Recent discussion about how to interpret standard errors from the profiler have not converged to a solution, so I will start this again - with a different example and some more clarity (I hope) on my question. I've attached one of the famous Anscombe quartet datasets - the one where a linear regression model is appropriate. I fit a multiple regression model and saved the mean prediction standard error and the individual prediction standard error - as expected, the former is much narrower than the latter. I also used the profiler and saved the bagged predictions - this gave me a standard error for the bagged mean (which I interpret to be analogous to the mean prediction standard error from the regression model) and a Bagged Std dev (which I interpret as analogous to the individual prediction standard error from the regression). When I say I interpret these to be analogous, I realize that the standard errors from the model are derived from the regression model while the bagged standard errors are derived from a non-parametric bootstrap (in this case, with 100 bootstrap samples).

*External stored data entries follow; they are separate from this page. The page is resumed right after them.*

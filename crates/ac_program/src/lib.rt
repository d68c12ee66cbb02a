//! The top call: from the words of a command line to a status and what is written.
#![tactic(auto)]

ghost use Rattle.std.specs.Prelude.{◌≡◌, ◌≢◌, ℕ, List, map, string_bytes, is_some, IfSome, IsTrue};
ghost use Rattle.ac_words.specs.declared.task.Task.{Task};
ghost use Rattle.ac_words.specs.declared.task.Task.TheVariants.{Run};
ghost use Rattle.ac_words.specs.declared.task.Telling.TheVariants.{Trace};
ghost use Rattle.ac_words.specs.Words.{Does, Audits, Loads, IsCall};
ghost use Rattle.ac_program.specs.Auditing.{IsJudged};
ghost use Rattle.ac_program.specs.Headline.{IsDue, TookWhole, TookPart, GaveUp, IsOfText, IsDecided, IsLoaded, IsOfCores, ReadsBack};
ghost use Rattle.program_reading.specs.Failures.{TellsLibrary, TellsSink};
ghost use Rattle.ac_program.specs.Headline.{TellsUsage, TellsDisk, HasFewEntries};

mod answering;
mod auditing;
mod execute;
mod loading;
mod outcome;
mod summary;
mod telling;

use ac_outside::{Disk, Gate, Library, Sink};
use ac_words::{Call, read_words};
use answering::{USAGE, do_file, refuse};
use auditing::audit_files;
use loading::load;
pub use outcome::Outcome;
pub use program_run::Ended;
use std::alloc::Global;
use std::thread::Threads;

/// Does what the words of a command line ask for. With the text of a file, which it reads from the
/// library: runs its program with the bound on steps that they give, on its files on the disk, and
/// writes the report or the trace of the run to the sink; or checks it, or compiles it, and writes the
/// line `accepted` or the listing of the code. With two: says whether the trace that the second tells
/// is a run of the program of the first. With a number N: runs the file server, each of whose clients
/// takes N turns, and writes the line `load N status S`, with the status S of the run, and then what
/// cores 1, 2 and 3, the clients, have printed.
///
/// The statuses of a run, each with the report, the trace or the summary, are 4 where a core
/// trapped, else 6 where one was out of steps, else 5 where one is stalled, as it waits and nothing
/// can come any more, and else 0, where every core finished. Which of the messages for a core come
/// first, and which of the requests of files, is not said by a program with channels or files, so
/// its runs may have several statuses: the call's is that of the run that it gives. A check and a
/// listing have 0. An audit has 0 with `yes`, and 13 with `no at K` where entry K, counted from 0,
/// is the first that may not come after those before it, or with `no at end` where all may and the
/// end is not that of the run. The others come with a line, by the first refusal in this order: 1
/// with the usage line where the words are not `run`, `trace`, `check` or `code` and one FILE,
/// `audit`, FILE and TRACE, or `load` and a number from 1 to 500, and, for `run`, `trace` and `load`
/// alone, at most one bound from 1 to 2,000,000; 7 with `library fault` where a call of the library
/// failed; 10 with `limit: source` where the text is longer than 1,048,576 bytes; 2 with `bad byte
/// at B`, `number too large at B`, `open comment at B` or `open text at B` for the first lexical
/// fault, and with `unexpected token at B` for the first token with which no program goes on; 10
/// with `limit: nesting at B` for the first token that is more than 256 deep; 3 with `rule Cn at B`
/// for the least broken rule, by node and then by number; in an audit, with the text of the trace, 7
/// as above, 10 with `limit: trace` where it is longer than 268,435,456 bytes, and 14 with `trace
/// fault at line L` for the first line, counted from 1, that is not as it should be; 10 with `limit:
/// steps` where the cores together may go more than 4,000,000 steps; before a run, file by file, 9
/// with `disk fault` where a call of the disk failed, and 10 with `limit: file K` where file K is
/// longer than 1,048,576 bytes; and after it 10 with `limit: trace` where its trace would be longer
/// than 268,435,456 bytes. B is a place in bytes from 0. The status is 8 where the sink failed,
/// which has then taken a front of the text, and 11 where memory was refused, and nothing is
/// written.
///
/// A run reads and writes the files of its program: where the disk tells them, they are read as they
/// are, and afterwards hold what the run's history has written. What fails there is an answer to the
/// program.
///
/// The cores of a run and the worker of their files go on at the same time, on threads of `rt`, and
/// pass `gate` with their numbers and how many entries they have made. Which outcome a race has is not
/// said: whatever the schedule is, the run is one of the program, with fewer than 2^45 entries and no
/// stamp above their number.
pub fn ac_main<L: Library, K: Sink, D: Disk + Send, G: Gate + Sync, R: Threads + Sync>(
    rt: &R,
    alloc: Global,
    words: &[String],
    library: &mut L,
    sink: &mut K,
    disk: &mut D,
    gate: &G,
) -> Outcome
    // The disk has bound no file, and may be called.
    requires ready { IsTrue (D.told disk.old).is_ready }
    requires none { (D.told disk.old).bound ≡ 0 }

    // But for a failed sink and want of memory, the status, the run and the text that the sink has
    // taken are those due for these words and what the library and the disk did.
    ensures whole { result.status.number ≢ 8 → result.status.number ≢ 11 →
        TookWhole (IsDue (map string_bytes words.now) (L.told library.old) (L.told library.new) (D.told disk.old) (D.told disk.new))
        result.status.number result.run (K.told sink.old) (K.told sink.new) }

    // Where the sink failed, it has taken a front of a text that is due, and not the whole.
    ensures part { result.status.number ≡ 8 →
        TookPart (IsDue (map string_bytes words.now) (L.told library.old) (L.told library.new) (D.told disk.old) (D.told disk.new))
        result.run (K.told sink.old) (K.told sink.new) }

    // Where memory was refused, the words are a call, just its files were opened, none for a load, and
    // the second of an audit only where nothing refuses a check of the first; nothing is written and no
    // run is kept. The files of a program are left as they were, unless a run had begun: of the disk of
    // such a run no more is said than that no other file was to be bound.
    ensures memory { result.status.number ≡ 11 →
        GaveUp (map string_bytes words.now) (L.told library.old) (L.told library.new) (D.told disk.old) (D.told disk.new)
        result.run (K.told sink.old) (K.told sink.new) }

    // Status 1 stands for words that are no call.
    ensures usage { TellsUsage (map string_bytes words.now) result.status.number }

    // Status 7 stands for a library that failed.
    ensures library { TellsLibrary (L.told library.old) (L.told library.new) result.status.number }

    // Status 9 stands for a disk that failed before a run.
    ensures disk { TellsDisk (D.told disk.old) (D.told disk.new) result.status.number result.run }

    // Status 8 stands for a sink that failed.
    ensures sink { TellsSink (K.told sink.old) (K.told sink.new) result.status.number }

    // Any other status is one that the text of the file calls for with the task of the words and the
    // files that the disk holds, and just the file was opened. It calls for no other, but for those of
    // other runs of a program with channels or files.
    ensures decided { IsOfText result.status.number → (task : Task) (file : List ℕ) → IsCall (map string_bytes words.now) (Does task file) →
        IsDecided task file (L.told library.old) (L.told library.new) (D.told disk.old) result.status.number }

    // In an audit the two texts call for it, and for no other, and no more than the two files were
    // opened, in this order, and the second only where nothing refuses a check of the first.
    ensures judged { IsOfText result.status.number → (file trace : List ℕ) → IsCall (map string_bytes words.now) (Audits file trace) →
        IsJudged file trace (L.told library.old) (L.told library.new) result.status.number }

    // In a load the text of the file server calls for it, and the library is left alone.
    ensures loaded { IsOfText result.status.number → (turns steps : ℕ) → IsCall (map string_bytes words.now) (Loads turns steps) →
        IsLoaded turns steps (L.told library.old) (L.told library.new) (D.told disk.old) result.status.number }

    // The trace that is written is read back as that of the run that is kept, and is a run of the
    // program, where the disk tells its files.
    ensures read_back { IsOfCores result.status.number → IsTrue (is_some (D.told disk.old).held) → (steps : ℕ) (file : List ℕ) →
        IsCall (map string_bytes words.now) (Does (Run steps Trace) file) →
        ReadsBack ((L.told library.old).text_at file) (Run steps Trace) result.run (K.told sink.old) (K.told sink.new) }

    // A run has few entries, and no stamp is above their number.
    ensures few { IfSome result.run HasFewEntries }
{
    match read_words(words) {
        None => refuse(sink, 1, USAGE),
        Some(Call::Does { task, file }) => do_file(
            rt, gate, alloc, file, task, library, sink, disk,
        ),
        Some(Call::Audits { file, trace }) => audit_files(alloc, file, trace, library, sink),
        Some(Call::Loads { turns, steps }) => load(rt, gate, alloc, turns, steps, sink, disk),
    }
}
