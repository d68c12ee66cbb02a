//! The summary of a load.

ghost use Rattle.std.specs.Prelude.{◌≡◌, ◌++◌, IfOk, OnOk};
ghost use Rattle.ac_program.specs.Summary.{clients_of, outputs_of, summary_line, summary_of};

use ac_base::{Bytes, List, MachineEnd, NoMemory, Status};
use std::alloc::Global;

// Adds what cores have printed, as it is.
fn add_outputs(text: &mut Vec<u8>, ends: &[MachineEnd]) -> Result<(), NoMemory>
    ensures { OnOk result (text.new.items ≡ text.old.items ++ outputs_of ends.now) }
{
    for end in ends {
        text.extend_from_slice(end.core.output.as_slice())?;
    }
    Ok(())
}

// Cores 1, 2 and 3 of these, counted from 0.
fn clients_of(ends: &[MachineEnd]) -> &[MachineEnd]
    ensures { result.now ≡ clients_of ends.now }
{
    let first = ends.len().min(1);
    let last = ends.len().min(4);
    &ends[first..last]
}

fn summary_line(alloc: Global, turns: u32, status: Status) -> Result<Vec<u8>, NoMemory>
    ensures { IfOk result (λ line. line.items ≡ summary_line turns status.number) }
{
    let turns = turns.to_string(alloc)?;
    let number = status.number.to_string(alloc)?;
    let mut line = Vec::from_slice(alloc, b"load ")?;
    line.extend_from_slice(turns.as_bytes())?;
    line.extend_from_slice(b" status ")?;
    line.extend_from_slice(number.as_bytes())?;
    line.push(b'\n')?;
    Ok(line)
}

/// The summary of a load of so many turns whose run has this status and these ends.
pub fn summary(
    alloc: Global,
    turns: u32,
    status: Status,
    ends: &[MachineEnd],
) -> Result<Bytes, NoMemory>
    ensures { IfOk result (λ text. text ≡ summary_of turns status.number ends.now) }
{
    let mut text = summary_line(alloc, turns, status)?;
    add_outputs(&mut text, clients_of(ends))?;
    Ok(List::from_vec(text))
}
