//! What a call of the program gives.

use ac_base::Status;
use program_run::Ended;

/// The status of a call, and the run from whose journals and ends the report was made, where
/// there was one.
#[derive(Drop)]
pub struct Outcome {
    pub status: Status,
    pub run: Option<Ended>,
}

In this case (unlike my last example), the individual standard errors are close, although somewhat smaller for the bagged predictions than the model predictions. But the standard error of the bagged mean is around 10% as large as the standard error of mean predictions from the model. In fact, this can be verified by the documentation that says that the bagged standard error = standard deviation of the bagged predictions divided by the square root of (M-1) where M is the number of bagged samples (which is 100 here).
My question concerns how to use the standard errors of the bagged mean and the bagged standard deviation. If I look at the confidence interval shown in the profiler, it appears to me to be consistent with the mean prediction standard error from the regression model - not with the standard error of the bagged mean (which is 10% as large). If that is the case, then what are the standard errors from the bagged samples good for?
I think the importance (for me at least) is that JMP provides profilers for all the machine learning models. This allows saving the bagged means and these two types of standard errors. If these standard errors can be used to construct confidence intervals, then we get something akin to a sense of statistical significance from neural networks, random forests, etc. I think that would be an important feature since most of those models don't readily provide any inferential information. This would apply to classification models as well as regression models.
But I am not sure the bagged standard errors make much sense. In the example I've provided, they look too small. And, it isn't clear to me whether the confidence interval shown in the profiler is based on the standard error fo the bagged mean (it doesn't look that way in this example). So, please help shed some light on my questions.